Dzisiejszy dzień jest powodem do smutku. Sejm RP odrzucił obywatelski projekt ustawy o pełnej ochronie życia. Politycy PiS, którzy przed wyborami powoływali się na wartości katolickie nie dotrzymali słowa.

Gdyby chcieli chronić bezbronne dzieci poczęte to w komisji mogliby dokonać modyfikacji odrzuconej ustawy. Przy debacie powoływali się m.in. na stanowisko biskupów polskich, którzy skrytykowali projekt ustawy przygotowany przez świetnych prawników z Ordo Iuris, ze względu na karanie kobiet. Wiem, że niektórzy z Federacji Ruchów Obrony Życia lobbowali u biskupów żeby nie zaakceptować ustawy, która trafiła pod obrady sejmu i tym sposobem wspomniane środowiska przyczyniły się do odrzucenia wspaniałego projektu ustawy. Dały też pretekst politykom, którzy powołali się m.in. na stanowisko biskupów żeby usprawiedliwić odrzucenie wspomnianej ustawy. Muszę ze smutkiem stwierdzić, że tzw. pseudo obrońcom życia jak również politykom mówiącym, że są za obroną życia i należy dobrze przygotować nowy projekt ustawy udało się swoim nikczemnym zachowaniem przyczynić do tego, ze szybko nie będzie okazji, żeby sejm obradował nad równie dobrym projektem jak ten, który został odrzucony w dniu 06.10.2016 r.

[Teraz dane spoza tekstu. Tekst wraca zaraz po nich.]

//! Whole numbers in decimal digits.
ghost use Rattle.std.specs.Prelude.{◌≡◌, ◌^◌, nat_lt, pos, if◌then◌else◌, Some, None};
ghost use Rattle.std.proofs.Common.{◌-ℤ◌};
ghost use Rattle.std.specs.List.{list_all};
ghost use Rattle.its_front.specs.text_lines.Numbers.{is_digit, is_digits, decimal, capped, grown, number_of, signed_of};

/// A whole number of a text. One above 2^64 - 1 in size has no size.
#[derive(Clone, Copy, PartialEq, Eq)]
pub struct Number {
    /// Whether a `-` stands before it.
    pub negative: bool,
    /// What the digits say.
    pub size: Option<u64>,
}

fn is_digit(b: u8) -> bool
    ensures { result ≡ is_digit b }
{
    b'0' <= b && b <= b'9'
}

fn all_digits(digits: &[u8]) -> bool
    ensures { result ≡ list_all is_digit digits.now }
{
    digits.iter().all(|b| is_digit(*b))
}

fn is_digits(digits: &[u8]) -> bool
    ensures { result ≡ is_digits digits.now }
{
    digits.len() > 0 && all_digits(digits)
}

fn grown(size: Option<u64>, digit: u8) -> Option<u64>
    ensures { result ≡ grown size digit }
{
    size?
        .checked_mul(10)?
        .checked_add(u64::from(digit.saturating_sub(b'0')))
}

#[tactic(auto, using(crate::proofs::Digits::grows))]
fn size_of(digits: &[u8]) -> Option<u64>
    ensures { result ≡ capped (decimal digits.now) }
{
    let mut size = Some(0);
    for digit in digits {
        size = grown(size, *digit);
    }
    size
}

/// The number that the word is: decimal digits, with `-` before those of a negative number. None where the word is no number.
pub fn read_number(word: &[u8]) -> Option<Number>
    ensures { result ≡ number_of word.now }
{
    let (first, rest) = word.split_first()?;
    let negative = *first == b'-';
    let digits = if negative { rest } else { word };
    if !is_digits(digits) {
        return None;
    }
    Some(Number {
        negative,
        size: size_of(digits),
    })
}

impl Number {
    /// The number where it is one of 64 bits with a sign.
    pub fn signed(self) -> Option<i64>
        ensures { result ≡ signed_of self }
    {
        let size = self.size?;
        if self.negative {
            negative(size)
        } else {
            positive(size)
        }
    }
}

fn negative(size: u64) -> Option<i64>
    ensures { result ≡ (if nat_lt (2 ^ 63) size then None else Some (pos 0 -ℤ pos size)) }
{
    if 0x8000_0000_0000_0000 < size {
        return None;
    }
    0i64.checked_sub_unsigned(size)
}

fn positive(size: u64) -> Option<i64>
    ensures { result ≡ (if nat_lt size (2 ^ 63) then Some (pos size) else None) }
{
    if size < 0x8000_0000_0000_0000 {
        Some(size as i64)
    } else {
        None
    }
}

Nigdy nie spodziewałem się, że posłowie, którzy przez tak długi czas deklarowali przywiązanie do życia zagłosują za tym, żeby nadal funkcjonowała fatalna ustawa z 1993 r. pozwalająca zabijać m.in. dzieci chore i te, które mogą być poczęte z gwałtu.

Gdyby Ci, którzy przyczynili się do odrzucenia ustawy przygotowanej przez Ordo iuris, dobrze wczytali się w jej treść lub dobrze wysłuchali wystąpienia w Sejmie sprawozdawcy Pani Joanny Banasiuk, to wiedzieliby, że ustawa wcale nie skupia się na karaniu kobiet, ale daje możliwość złagodzenia albo odstąpienia od kary.

Dlaczego nikt nie skupia się na dziecku, które jest skazywane na wielkie cierpienie poprzez sztuczne poronienie? Może niektórzy już zapomnieli jak w nocy z 6 na 7 marca w szpitalu św. Rodziny po przeżyciu aborcji urodziło się żywe dziecko w 6-miesiącu od chwili poczęcia? Może niektórzy już zapomnieli, w jak wielkich bólach umierało na oczach lekarzy, wołając o ratunek? Gdyby obowiązywała ustawa, którą obecnie Sejm odrzucił m.in. przy wsparciu tzw. podżegaczy mówiących m.in. o karaniu kobiet, to na pewno Wiktor, bo takie imię mu nadano, byłby ocalony, podobnie zresztą jak i wiele innych dzieci.

A ile jest przypadków gdzie dziecko nie może krzyczeć, jak jest zabijane w łonie matki?

Pragnę zaznaczyć, że aborcji poddaje się dzieci mające już system nerwowy, bowiem w 13 dniu od poczęcia kształtują się zawiązki nerwów. M.in. powodem nawrócenia się wielkiego aborcjonisty ze Stanów Zjednoczonych dr. Bernarda Natansona było obejrzenie filmu ukazującego zabijanie dziecka w łonie matki, jak ono się broni, kurczy się, unika zadawania mu cierpienia przez abortera.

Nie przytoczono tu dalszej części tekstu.